Ce mercredi, en fin d’audience, Me Mayence, avocat de parties civiles, a demandé que le meurtre de Frédéric D'Andrea soit requalifié en assassinat. C'est à dire un homicide avec préméditation.
Le dernier témoin de la journée appelé à la barre, Antony, a rapporté un souvenir antérieur aux faits impliquant Paolo Falzone.
Le 20 juin 2017, je suis monté via un ami commun dans la voiture de Paolo Falzone pour aller à Namur. Il allait très vite, plus de 200 km/h sur l’autoroute et il m’a dit qu’il connaissait où étaient les radars.
Il a poursuivi en décrivant le comportement du conducteur.
Il faisait des appels de phares aux véhicules devant lui pour qu’ils dégagent. Le véhicule était une Mercedes. Il m’a même confié qu’à ce moment-là, il avait reçu pas mal d’amendes et qu’il devrait passer par un examen psychologique comme dernier recours avant un retrait de permis.
Me Mayence a souhaité confronter Paolo Falzone aux déclarations du témoin.
L’accusé a confirmé les éléments concernant les tests psychologiques, mais a indiqué ne pas connaître Antony.
Le témoin a alors enlevé ses lunettes.
Un échange tendu est ensuite survenu alors entre Antony et Paolo Falzone. Le témoin s’est agacé après que l’accusé ait affirmé ne jamais l’avoir pris dans sa voiture.
Il n’y avait pas de deuxième voiture », insiste Antony, précisant qu’il était assis à sa droite, à trois dans le véhicule avec un ami commun.
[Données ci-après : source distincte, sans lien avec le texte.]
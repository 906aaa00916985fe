//! The command `chart`: the trace of a run, drawn as lifelines and what goes on between them.
#![tactic(auto)]

mod arrows;
mod bars;
mod columns;
mod drawing;
mod flow;
mod heads;
mod labels;
mod lanes;
mod legend;
mod lines;
mod meetings;
mod picking;
mod range;
mod rows;
mod scene;
mod svg;
mod words;

pub use lines::chart;
pub use picking::Picked;
pub use range::{LineRange, PieceFault};
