/// Of `(PARAMETERS) (ENTRIES) ..`, after a name.
fn named_fields<'d>(name: Text<'d>, items: Forms<'d>) -> Option<Fields<'d>>
    ensures { option_map fields_view result ≡ named_fields (text_view name.entry) (forms_view items.entry) }
{
    let (params, rest) = items.split_first()?;
    let (entries, _) = rest.split_first()?;
    Some(Fields {
        name,
        params: inside(params)?,
        entries: inside(entries)?,
    })
}

/// Of `"NAME" (PARAMETERS) (ENTRIES) ..`.
fn fields_of(items: Forms<'_>) -> Option<Fields<'_>>
    ensures { option_map fields_view result ≡ fields_of (forms_view items.entry) }
{
    let (name, rest) = items.split_first()?;
    match name.shape() {
        Shape::Leaf(Leaf::Text(name)) => named_fields(name, rest),
        _ => None,
    }
}

/// The component with these fields, at the byte `at`.
fn component_of(alloc: Global, component: Fields<'_>, at: usize) -> Result<Component, Refusal>
    ensures ok { IfOk result (λ c. component_of (Some (fields_view component.entry)) ≡ Ok (component_record c)) }
    ensures err { IfErr result (HasFault (at_byte at (component_of (Some (fields_view component.entry))))) }
{
    let entries = entries(alloc, component.entries, at)?;
    let params = params(alloc, component.params)?;
    let name = name(alloc, component.name)?;
    Ok(Component {
        name,
        params,
        entries,
    })
}

// Whether it is the word `component`, which all of them begin with.
#[inline(always)]
fn is_component(head: &[u8]) -> bool
    ensures { result ≡ bytes_eq head.now (codes "component") }
{
    matches!(head, b"component")
}

/// The component of `component "NAME" (PARAMETERS) (ENTRIES) ..`, at the byte `at`.
fn listed_component(alloc: Global, items: Forms<'_>, at: usize) -> Result<Component, Refusal>
    ensures ok { IfOk result (λ c. listed_component (forms_view items.entry) ≡ Ok (component_record c)) }
    ensures err { IfErr result (HasFault (at_byte at (listed_component (forms_view items.entry)))) }
{
    let Some((head, rest)) = headed(items) else {
        return Err(Refusal::At(Code::Undeclared, at));
    };
    if !is_component(head) {
        return Err(Refusal::At(Code::Undeclared, at));
    }
    match fields_of(rest) {
        Some(component) => component_of(alloc, component, at),
        None => Err(Refusal::At(Code::BadForm, at)),
    }
}

/// The component that a member of `components` names.
fn component(alloc: Global, member: Form<'_>) -> Result<Component, Refusal>
    ensures ok { IfOk result (λ c. component (form_view member.entry) ≡ Ok (component_record c)) }
    ensures err { IfErr result (HasFault (at_byte (place_of (form_view member.entry)) (component (form_view member.entry)))) }
{
    let at = member.span().from;
    match inside(member) {
        Some(items) => listed_component(alloc, items, at),
        None => Err(Refusal::At(Code::BadForm, at)),
    }
}

// A list with room for so many components. A long one lies in the heap, with room for half as many again: so the nodes of a net,
// which are larger, can lie where it was, and what was read before it.
fn room_for(alloc: Global, count: usize) -> Result<Vec<Component>, AllocError>
    ensures { IfOk result (λ v. v.items ≡ []) }
{
    let wide = count.saturating_add(count / 2);
    match gap(alloc, wide.saturating_mul(size_of::<Component>())) {
        Some(_gap) => Vec::with_capacity(alloc, wide),
        None => Vec::with_capacity(alloc, count),
    }
}

/// The components that the members of `components` name.
pub(crate) fn components(alloc: Global, members: Forms<'_>) -> Result<Vec<Component>, Refusal>
    ensures ok { IfOk result (λ v. components (forms_view members.entry) ≡ Ok (map component_record v.items)) }
    ensures err { IfErr result (HasFault (components (forms_view members.entry))) }
{
    let mut components = room_for(alloc, members.len())?;
    let mut rest = members;
    while let Some((member, after)) = rest.split_first() {
        components.push(component(alloc, member)?)?;
        rest = after;
    }
    Ok(components)
}
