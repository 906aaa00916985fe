//! The command `chart`: lines of the trace of a run, drawn.
//!
//! The survey, for the heads, is made here, where the trace is known for a run: nobody else pays for it. Out of memory is the only
//! fault that can come of it. A drawing is made whole before any of it goes out.

ghost use Rattle.std.specs.Prelude.{◌≡◌, ◌≤◌, true, length, IfErr};
ghost use Rattle.bz_cli_input.specs.Limits.{input_limit};
ghost use Rattle.bz_chart.specs.Charting.{DrawsPiece, IsUndrawn};
ghost use Rattle.bz_trace_text.specs.Counting.{line_count};

use crate::columns::count_rows;
use crate::drawing::draw;
use crate::picking::{Picked, Unpicked, picks_of};
use crate::range::{LineRange, MOST_ROWS, PieceFault, piece_of};
use bz_chart_layout::{Circuit, Piece};
use bz_cli_input::Fault;
use bz_cli_trace::{Case, Unmade};
use bz_source::Survey;
use bz_trace_text::line_count;
use std::alloc::{AllocError, Global};

/// Draws these lines of the trace of a run, as SVG, or those that show something of what is picked.
pub fn chart(
    alloc: Global,
    range: LineRange,
    picked: Picked<'_>,
    case: Case,
    trace: &[u8],
) -> Result<Vec<u8>, Unmade<PieceFault>>
    requires { length trace.now ≤ input_limit }
    ensures { DrawsPiece range trace.now result }
{
    let piece = match piece_of(range, line_count(trace)) {
        Ok(piece) => piece,
        Err(fault) => return Err(Unmade::Other(fault)),
    };
    match draw_net(alloc, case, trace, piece, range, picked) {
        Ok(drawing) => Ok(drawing),
        Err(Undrawn::Memory) => Err(Unmade::Command(Fault::Memory)),
        Err(Undrawn::Piece(fault)) => Err(Unmade::Other(fault)),
    }
}

/// Why lines are not drawn that are there.
#[derive(Clone, Copy)]
pub(crate) enum Undrawn {
    /// What is picked can't be shown.
    Piece(PieceFault),
    Memory,
}

// Draws these lines of a run on the lifelines of its net.
fn draw_net(
    alloc: Global,
    case: Case,
    trace: &[u8],
    piece: Piece,
    range: LineRange,
    picked: Picked<'_>,
) -> Result<Vec<u8>, Undrawn>
    ensures { IfErr result (λ why. IsUndrawn range why) }
{
    let (flat, source, part) = match case.into_flat(alloc) {
        Ok(parts) => parts,
        Err(_) => return Err(Undrawn::Memory),
    };
    let (circuit, part) = (Circuit::of(flat), part.as_slice());
    // a part that has a net has places, so nothing but memory can be wanting
    match source.survey(alloc, part) {
        Ok(survey) if range.picks => {
            draw_picked(alloc, &circuit, &survey, part, trace, piece, range, picked)
        }
        Ok(survey) => drawn(draw(alloc, &circuit, &survey, part, trace, piece, None)),
        Err(_) => Err(Undrawn::Memory),
    }
}

// The same of what is picked alone.
fn draw_picked(
    alloc: Global,
    circuit: &Circuit,
    survey: &Survey,
    part: &[u8],
    trace: &[u8],
    piece: Piece,
    range: LineRange,
    picked: Picked<'_>,
) -> Result<Vec<u8>, Undrawn>
    requires { range.picks ≡ true }
    ensures { IfErr result (λ why. IsUndrawn range why) }
{
    let picks = match picks_of(alloc, circuit, picked) {
        Ok(picks) => picks,
        Err(Unpicked::NoWord(word)) => {
            return Err(Undrawn::Piece(PieceFault::NoPick { word }));
        }
        Err(Unpicked::Memory) => return Err(Undrawn::Memory),
    };
    let rows = count_rows(alloc, circuit, trace, piece, &picks);
    if rows > MOST_ROWS {
        return Err(Undrawn::Piece(PieceFault::TooMany { rows }));
    }
    drawn(draw(alloc, circuit, survey, part, trace, piece, Some(&picks)))
}

// A drawing, where memory sufficed for it.
fn drawn(drawing: Result<Vec<u8>, AllocError>) -> Result<Vec<u8>, Undrawn>
    ensures { IfErr result (λ why. why ≡ Undrawn.Memory) }
{
    match drawing {
        Ok(drawing) => Ok(drawing),
        Err(AllocError) => Err(Undrawn::Memory),
    }
}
Paolo Falzone a remis en cause cette version. Le ton est monté entre les deux hommes, obligeant la présidente à intervenir pour calmer les échanges.
Avant la fin des débats, Me Mayence a formulé une demande à la présidente.
Par transparence pour la défense, je vais demander demain que soit ajoutée la circonstance aggravante de préméditation pour le fait de monsieur D’Andréa. Que ce ne soient pas des faits qualifiés de meurtre, mais d’assassinat. Je m’expliquerai demain.
L’avocat considère que le conducteur a eu une vingtaine de secondes de réflexion avant de choisir d’accélérer puis de rouler sur le gille.
L’audience a été suspendue dans la foulée.
À notre micro, Me Mayence a ajouté ceci :
Toute personne raisonnable se serait arrêtée. S'il n'avait pas eu d'intention d'homicide, il aurait eu un autre comportement.